Which means consulting firms are sitting on one of the most valuable and most neglected assets in professional services: an extraordinary corpus of qualitative intelligence. Thousands of client engagements. Tens of thousands of stakeholder interviews. Patterns that, if properly captured and synthesized across engagements, would constitute a genuinely rare understanding of how organizations work, where they fail, and what actually drives change.

Far less of it compounds than consulting firms often assume.


The Untapped Asset

Every engagement a consulting firm runs generates qualitative intelligence. The stakeholder who revealed the real blocker in the third interview. The pattern that surfaced across four separate retail transformations. The contradiction between what the CEO said and what the VP said that, if caught, would have changed the recommendation entirely.

Most of that intelligence never makes it past the engagement. The institutional knowledge from the last pharmaceutical client doesn't inform the questions asked of the next one. The pattern noticed in three separate projects never gets codified into a sharper framework for the fourth. The insight lives in people — in the experienced partner's pattern recognition, in the senior manager's memory — and when those people leave, the insight leaves with them.

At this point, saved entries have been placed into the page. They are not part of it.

//! A device failed.

/// A device could not be used. Don't use it again.
#[derive(Clone, Copy, Debug, PartialEq, Eq)]
pub struct Failed;
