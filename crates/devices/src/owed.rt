//! Bytes that a connection has not taken yet.
ghost use Rattle.std.specs.Prelude.{◌≡◌, ◌≤◌, ◌<◌, ℕ, [], ◌++◌, length, OnOk, OnErr};
ghost use Rattle.devices.specs.Channels.{TakesOwed};

use crate::channel::{Channel, Sent};
use std::alloc::{AllocError, Global};
use std::marker::Model;

/// If nothing is owed, at most this much room is kept for later.
const KEPT_BYTES: usize = 1024;

/// Bytes that a connection has not taken yet.
#[derive(Drop)]
pub struct Owed {
    bytes: Vec<u8>,
    taken: usize,
}

impl Model for Owed {
    ghost use Rattle.std.specs.Prelude.{ℕ, List, ◌≤◌, length, drop};

    ghost Value = { List ℕ };

    ghost view = { λ o. drop o.taken o.bytes.items };

    ghost invariant = { λ o. o.taken ≤ length o.bytes.items };
}

/// How much of the owed bytes was taken.
#[derive(Clone, Copy, Debug, PartialEq, Eq)]
pub enum Taking {
    /// All of it.
    All,
    /// A part, and the connection may take more now.
    More,
    /// The connection takes no more now.
    NotNow,
    /// The connection failed.
    Failed,
}

impl Owed {
    /// Owes nothing. Takes no memory.
    pub fn new(alloc: Global) -> Owed
        ensures { result ≡ [] }
    {
        Owed {
            bytes: Vec::new(alloc),
            taken: 0,
        }
    }

    /// Returns how many bytes are owed.
    pub fn len(&self) -> usize
        ensures { result ≡ length self.now }
    {
        self.bytes.len() - self.taken
    }

    /// Makes room for this number of bytes more, which can then be owed without a request for memory.
    pub fn reserve(&mut self, count: usize) -> Result<(), AllocError>
        ensures { self.new ≡ self.old }
    {
        self.bytes.reserve(count)
    }

    /// Owes these bytes after all others. If a request for memory is refused, none of them is owed.
    pub fn append(&mut self, bytes: &[u8]) -> Result<(), AllocError>
        ensures ok { OnOk result (self.new ≡ self.old ++ bytes.now) }
        ensures err { OnErr result (self.new ≡ self.old) }
    {
        self.bytes.extend_from_slice(bytes)
    }

    /// Owes the bytes of both parts, one after the other. If a request for memory is refused, none of them is owed.
    pub fn append_both(&mut self, first: &[u8], second: &[u8]) -> Result<(), AllocError>
        ensures ok { OnOk result (self.new ≡ self.old ++ (first.now ++ second.now)) }
        ensures err { OnErr result (self.new ≡ self.old) }
    {
        self.bytes.reserve(first.len() + second.len())?;
        let Ok(()) = self.bytes.extend_from_slice(first) else {
            unreachable!()
        };
        let Ok(()) = self.bytes.extend_from_slice(second) else {
            unreachable!()
        };
        Ok(())
    }

    /// Sends once from the owed bytes.
    fn send_front<C: Channel>(&mut self, channel: &mut C) -> Sent
        requires { 1 ≤ length self.old }
        ensures taken { TakesOwed (C.state channel.old) (C.state channel.new) self.old self.new }
        ensures shorter { (n : ℕ) → result ≡ Sent.Took n → length self.new < length self.old }
    {
        let sent = channel.send(&self.bytes[self.taken..]);
        if let Sent::Took(n) = sent {
            self.taken += n;
        }
        sent
    }

    /// Sends the owed bytes, as many as the connection takes now. Never returns `More`.
    #[tactic(auto, using(crate::proofs::ChannelLemmas::takes_none, crate::proofs::ChannelLemmas::takes_both))]
    pub fn send_to<C: Channel>(&mut self, channel: &mut C) -> Taking
        ensures taken { TakesOwed (C.state channel.old) (C.state channel.new) self.old self.new }
        ensures all { result ≡ Taking.All → self.new ≡ [] }
    {
        while self.len() > 0 {
            match self.send_front(channel) {
                Sent::Took(_) => {}
                Sent::NotNow => return Taking::NotNow,
                Sent::Failed => return Taking::Failed,
            }
        }
        Taking::All
    }

    /// If nothing is owed, forgets the bytes that were taken, and keeps their room.
    pub fn rewind(&mut self)
        ensures { self.new ≡ self.old }
    {
        if self.len() > 0 {
            return;
        }
        self.bytes.clear();
        self.taken = 0;
    }

    /// If nothing is owed, forgets the bytes that were taken, and frees the room beyond what is kept for later.
    pub fn settle(&mut self, alloc: Global)
        ensures { self.new ≡ self.old }
    {
        if self.len() > 0 {
            return;
        }
        if self.bytes.capacity() > KEPT_BYTES {
            self.bytes = Vec::new(alloc);
        } else {
            self.bytes.clear();
        }
        self.taken = 0;
    }
}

Too many engagements start closer to scratch than firms would like. The corpus grows. The intelligence doesn't.

That's not a talent problem. It's an infrastructure problem — specifically, the absence of what we call structured qualitative intelligence: the discipline of designing conversations so their outputs can be captured, synthesized, and accumulated as organizational knowledge, not just delivered once and filed. And the firms that build that infrastructure first are likely to develop a structural advantage that widens with every engagement they run.

The commercial implications are significant. New consultants ramp faster when they can inherit structured prior learning rather than starting from blank guides and tribal knowledge — in illustrative terms, firms commonly spend weeks of senior time re-orienting new team members on context that structured intelligence could deliver in hours. Proposals sharpen when pattern recognition across past engagements is encoded into the discovery process rather than locked in individual partners' heads. Partner dependence can decrease when institutional intelligence is embedded in systems rather than people. Client outcomes may improve when the firm's tenth engagement in a sector draws on the accumulated learning of the previous nine rather than treating each as a fresh start. And the cost of repeat discovery — paying to surface the same insight twice because no infrastructure preserved it the first time — is one of the most invisible and persistent drains on consulting margin.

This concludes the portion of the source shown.